## Prompt
Take the listing and print it in full, exactly as given.
_ _ _
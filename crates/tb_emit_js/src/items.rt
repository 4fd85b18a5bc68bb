//! Items: each ends its line, and what is only a type leaves nothing.

ghost use Rattle.std.specs.Prelude.{◌≡◌, ◌++◌, OnOk, flat_map, string_bytes};
ghost use Rattle.std.specs.List.{list_any};
ghost use Rattle.tb_layout.specs.Erase as erasing;
ghost use Rattle.tb_layout.specs.Js as layout;
ghost use Rattle.tb_layout.specs.Pieces.{text_of};
ghost use Rattle.tb_emit_js.specs.Items as spec;

use crate::classes::write_class;
use crate::names::write_specs;
use crate::texts::put;
use crate::trees::{write_function, write_stmt, write_var};
use tb_text::NoMemory;
use tb_tree::{Declaration, ExportList, Import, Item, Spec, Specifier, Stmt};

/// Whether an import or an export is left of the item.
#[tactic(auto, using(crate::proofs::Lines::list_left))]
pub(crate) fn stays_in_module(item: &Item) -> bool
    ensures { result ≡ list_any erasing.is_module_item (erasing.erased_item item.now) }
{
    match item {
        Item::Import(import) => import_stays(import),
        Item::ExportList(list) => list_stays(list),
        Item::Declaration {
            exported,
            declaration,
        } => is_left(*exported, declaration),
        Item::Stmt(_) => false,
    }
}

#[tactic(auto, using(crate::proofs::Lines::import_left))]
fn import_stays(import: &Import) -> bool
    ensures { result ≡ list_any erasing.is_module_item (erasing.erased_import import.now) }
{
    match import {
        Import::List { type_only, .. } => !*type_only,
        Import::Bare { .. } => true,
    }
}

/// Whether the declaration is exported, and no type.
#[tactic(auto, using(crate::proofs::Lines::var_left, crate::proofs::Lines::function_left, crate::proofs::Lines::class_left))]
fn is_left(exported: bool, declaration: &Declaration) -> bool
    ensures { result ≡ list_any erasing.is_module_item (erasing.erased_declaration exported declaration.now) }
{
    match declaration {
        Declaration::Var(_) => exported,
        Declaration::Function(_) => exported,
        Declaration::Class(_) => exported,
        Declaration::Interface(_) => false,
        Declaration::Alias(_) => false,
    }
}

/// Whether a value is named.
fn has_value(all: &[Spec]) -> bool
    ensures { result ≡ list_any erasing.is_value_spec all.now }
{
    for spec in all {
        if !spec.type_only {
            return true;
        }
    }
    false
}

/// A list with `type` goes, and so does one that loses all of at least one name, unless it has `from`.
#[tactic(auto, using(crate::proofs::Lines::stays_typed, crate::proofs::Lines::stays_empty, crate::proofs::Lines::stays_valued, crate::proofs::Lines::stays_from))]
fn list_stays(list: &ExportList) -> bool
    ensures { result ≡ spec.list_stays list.now }
{
    if list.type_only {
        return false;
    }
    if list.specs.is_empty() {
        return true;
    }
    if has_value(list.specs.as_slice()) {
        return true;
    }
    has_origin(&list.from)
}

fn has_origin(from: &Option<Specifier>) -> bool
    ensures { result ≡ spec.has_origin from.now }
{
    match from {
        Some(_) => true,
        None => false,
    }
}

pub(crate) fn write_item(out: &mut String, item: &Item) -> Result<(), NoMemory>
    ensures { OnOk result (string_bytes out.new
        ≡ string_bytes out.old ++ flat_map spec.item_line (erasing.erased_item item.now)) }
{
    match item {
        Item::Import(import) => write_import(out, import),
        Item::ExportList(list) => write_list(out, list),
        Item::Declaration {
            exported,
            declaration,
        } => write_declaration(out, *exported, declaration),
        Item::Stmt(stmt) => write_statement(out, stmt),
    }
}

#[tactic(auto, using(crate::proofs::Joins::assoc, crate::proofs::Lines::stmt_line))]
fn write_statement(out: &mut String, stmt: &Stmt) -> Result<(), NoMemory>
    ensures { OnOk result (string_bytes out.new
        ≡ string_bytes out.old ++ flat_map spec.item_line (spec.erased_stmt_item stmt.now)) }
{
    write_stmt(out, stmt, 0)?;
    put(out, "\n")?;
    Ok(())
}

#[tactic(auto, using(crate::proofs::Joins::assoc, crate::proofs::Lines::import_gone, crate::proofs::Lines::import_line, crate::proofs::Lines::bare_line))]
fn write_import(out: &mut String, import: &Import) -> Result<(), NoMemory>
    ensures { OnOk result (string_bytes out.new
        ≡ string_bytes out.old ++ flat_map spec.item_line (erasing.erased_import import.now)) }
{
    match import {
        Import::List {
            type_only,
            specs,
            from,
            ..
        } => {
            if *type_only {
                return Ok(());
            }
            put(out, "import ")?;
            write_specs(out, specs.as_slice())?;
            put(out, " from ")?;
            put(out, from.spelled.as_str())?;
            put(out, ";\n")?;
            Ok(())
        }
        Import::Bare { from, .. } => {
            put(out, "import ")?;
            put(out, from.spelled.as_str())?;
            put(out, ";\n")?;
            Ok(())
        }
    }
}

#[tactic(auto, using(crate::proofs::Joins::assoc, crate::proofs::Lines::list_gone, crate::proofs::Lines::list_line))]
fn write_list(out: &mut String, list: &ExportList) -> Result<(), NoMemory>
    ensures { OnOk result (string_bytes out.new
        ≡ string_bytes out.old ++ flat_map spec.item_line (erasing.erased_export_list list.now)) }
{
    if !list_stays(list) {
        return Ok(());
    }
    put(out, "export ")?;
    write_specs(out, list.specs.as_slice())?;
    write_from(out, &list.from)?;
    put(out, ";\n")?;
    Ok(())
}

#[tactic(auto, using(crate::proofs::Joins::assoc, crate::proofs::Lines::from_some))]
fn write_from(out: &mut String, from: &Option<Specifier>) -> Result<(), NoMemory>
    ensures { OnOk result (string_bytes out.new ≡ string_bytes out.old ++ text_of (layout.from_pieces from.now)) }
{
    match from {
        Some(origin) => {
            put(out, " from ")?;
            put(out, origin.spelled.as_str())?;
            Ok(())
        }
        None => Ok(()),
    }
}

fn exported_text(exported: bool) -> &'static str
    ensures { result.now ≡ text_of (layout.exported_pieces exported) }
{
    if exported { "export " } else { "" }
}

#[tactic(auto, using(crate::proofs::Joins::assoc, crate::proofs::Lines::var_line, crate::proofs::Lines::function_line, crate::proofs::Lines::class_line))]
fn write_declaration(
    out: &mut String,
    exported: bool,
    declaration: &Declaration,
) -> Result<(), NoMemory>
    ensures { OnOk result (string_bytes out.new
        ≡ string_bytes out.old ++ flat_map spec.item_line (erasing.erased_declaration exported declaration.now)) }
{
    match declaration {
        Declaration::Var(var) => {
            put(out, exported_text(exported))?;
            write_var(out, var, 0)?;
            put(out, "\n")?;
            Ok(())
        }
        Declaration::Function(function) => {
            put(out, exported_text(exported))?;
            write_function(out, function, 0)?;
            put(out, "\n")?;
            Ok(())
        }
        Declaration::Class(class) => {
            put(out, exported_text(exported))?;
            write_class(out, class)?;
            put(out, "\n")?;
            Ok(())
        }
        Declaration::Interface(_) => Ok(()),
        Declaration::Alias(_) => Ok(()),
    }
}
_ _ _
## Exercise answer
filename crates/tb_emit_js/src/items.rt
repository 4fd85b18a5bc68bb
//! Items: each ends its line, and what is only a type leaves nothing.

ghost use Rattle.std.specs.Prelude.{◌≡◌, ◌++◌, OnOk, flat_map, string_bytes};
ghost use Rattle.std.specs.List.{list_any};
ghost use Rattle.tb_layout.specs.Erase as erasing;
ghost use Rattle.tb_layout.specs.Js as layout;
ghost use Rattle.tb_layout.specs.Pieces.{text_of};
ghost use Rattle.tb_emit_js.specs.Items as spec;

use crate::classes::write_class;
use crate::names::write_specs;
use crate::texts::put;
use crate::trees::{write_function, write_stmt, write_var};
use tb_text::NoMemory;
use tb_tree::{Declaration, ExportList, Import, Item, Spec, Specifier, Stmt};

/// Whether an import or an export is left of the item.
#[tactic(auto, using(crate::proofs::Lines::list_left))]
pub(crate) fn stays_in_module(item: &Item) -> bool
    ensures { result ≡ list_any erasing.is_module_item (erasing.erased_item item.now) }
{
    match item {
        Item::Import(import) => import_stays(import),
        Item::ExportList(list) => list_stays(list),
        Item::Declaration {
            exported,
            declaration,
        } => is_left(*exported, declaration),
        Item::Stmt(_) => false,
    }
}

#[tactic(auto, using(crate::proofs::Lines::import_left))]
fn import_stays(import: &Import) -> bool
    ensures { result ≡ list_any erasing.is_module_item (erasing.erased_import import.now) }
{
    match import {
        Import::List { type_only, .. } => !*type_only,
        Import::Bare { .. } => true,
    }
}

/// Whether the declaration is exported, and no type.
#[tactic(auto, using(crate::proofs::Lines::var_left, crate::proofs::Lines::function_left, crate::proofs::Lines::class_left))]
fn is_left(exported: bool, declaration: &Declaration) -> bool
    ensures { result ≡ list_any erasing.is_module_item (erasing.erased_declaration exported declaration.now) }
{
    match declaration {
        Declaration::Var(_) => exported,
        Declaration::Function(_) => exported,
        Declaration::Class(_) => exported,
        Declaration::Interface(_) => false,
        Declaration::Alias(_) => false,
    }
}

/// Whether a value is named.
fn has_value(all: &[Spec]) -> bool
    ensures { result ≡ list_any erasing.is_value_spec all.now }
{
    for spec in all {
        if !spec.type_only {
            return true;
        }
    }
    false
}

/// A list with `type` goes, and so does one that loses all of at least one name, unless it has `from`.
#[tactic(auto, using(crate::proofs::Lines::stays_typed, crate::proofs::Lines::stays_empty, crate::proofs::Lines::stays_valued, crate::proofs::Lines::stays_from))]
fn list_stays(list: &ExportList) -> bool
    ensures { result ≡ spec.list_stays list.now }
{
    if list.type_only {
        return false;
    }
    if list.specs.is_empty() {
        return true;
    }
    if has_value(list.specs.as_slice()) {
        return true;
    }
    has_origin(&list.from)
}

fn has_origin(from: &Option<Specifier>) -> bool
    ensures { result ≡ spec.has_origin from.now }
{
    match from {
        Some(_) => true,
        None => false,
    }
}

pub(crate) fn write_item(out: &mut String, item: &Item) -> Result<(), NoMemory>
    ensures { OnOk result (string_bytes out.new
        ≡ string_bytes out.old ++ flat_map spec.item_line (erasing.erased_item item.now)) }
{
    match item {
        Item::Import(import) => write_import(out, import),
        Item::ExportList(list) => write_list(out, list),
        Item::Declaration {
            exported,
            declaration,
        } => write_declaration(out, *exported, declaration),
        Item::Stmt(stmt) => write_statement(out, stmt),
    }
}

#[tactic(auto, using(crate::proofs::Joins::assoc, crate::proofs::Lines::stmt_line))]
fn write_statement(out: &mut String, stmt: &Stmt) -> Result<(), NoMemory>
    ensures { OnOk result (string_bytes out.new
        ≡ string_bytes out.old ++ flat_map spec.item_line (spec.erased_stmt_item stmt.now)) }
{
    write_stmt(out, stmt, 0)?;
    put(out, "\n")?;
    Ok(())
}

#[tactic(auto, using(crate::proofs::Joins::assoc, crate::proofs::Lines::import_gone, crate::proofs::Lines::import_line, crate::proofs::Lines::bare_line))]
fn write_import(out: &mut String, import: &Import) -> Result<(), NoMemory>
    ensures { OnOk result (string_bytes out.new
        ≡ string_bytes out.old ++ flat_map spec.item_line (erasing.erased_import import.now)) }
{
    match import {
        Import::List {
            type_only,
            specs,
            from,
            ..
        } => {
            if *type_only {
                return Ok(());
            }
            put(out, "import ")?;
            write_specs(out, specs.as_slice())?;
            put(out, " from ")?;
            put(out, from.spelled.as_str())?;
            put(out, ";\n")?;
            Ok(())
        }
        Import::Bare { from, .. } => {
            put(out, "import ")?;
            put(out, from.spelled.as_str())?;
            put(out, ";\n")?;
            Ok(())
        }
    }
}

#[tactic(auto, using(crate::proofs::Joins::assoc, crate::proofs::Lines::list_gone, crate::proofs::Lines::list_line))]
fn write_list(out: &mut String, list: &ExportList) -> Result<(), NoMemory>
    ensures { OnOk result (string_bytes out.new
        ≡ string_bytes out.old ++ flat_map spec.item_line (erasing.erased_export_list list.now)) }
{
    if !list_stays(list) {
        return Ok(());
    }
    put(out, "export ")?;
    write_specs(out, list.specs.as_slice())?;
    write_from(out, &list.from)?;
    put(out, ";\n")?;
    Ok(())
}

#[tactic(auto, using(crate::proofs::Joins::assoc, crate::proofs::Lines::from_some))]
fn write_from(out: &mut String, from: &Option<Specifier>) -> Result<(), NoMemory>
    ensures { OnOk result (string_bytes out.new ≡ string_bytes out.old ++ text_of (layout.from_pieces from.now)) }
{
    match from {
        Some(origin) => {
            put(out, " from ")?;
            put(out, origin.spelled.as_str())?;
            Ok(())
        }
        None => Ok(()),
    }
}

fn exported_text(exported: bool) -> &'static str
    ensures { result.now ≡ text_of (layout.exported_pieces exported) }
{
    if exported { "export " } else { "" }
}

#[tactic(auto, using(crate::proofs::Joins::assoc, crate::proofs::Lines::var_line, crate::proofs::Lines::function_line, crate::proofs::Lines::class_line))]
fn write_declaration(
    out: &mut String,
    exported: bool,
    declaration: &Declaration,
) -> Result<(), NoMemory>
    ensures { OnOk result (string_bytes out.new
        ≡ string_bytes out.old ++ flat_map spec.item_line (erasing.erased_declaration exported declaration.now)) }
{
    match declaration {
        Declaration::Var(var) => {
            put(out, exported_text(exported))?;
            write_var(out, var, 0)?;
            put(out, "\n")?;
            Ok(())
        }
        Declaration::Function(function) => {
            put(out, exported_text(exported))?;
            write_function(out, function, 0)?;
            put(out, "\n")?;
            Ok(())
        }
        Declaration::Class(class) => {
            put(out, exported_text(exported))?;
            write_class(out, class)?;
            put(out, "\n")?;
            Ok(())
        }
        Declaration::Interface(_) => Ok(()),
        Declaration::Alias(_) => Ok(()),
    }
}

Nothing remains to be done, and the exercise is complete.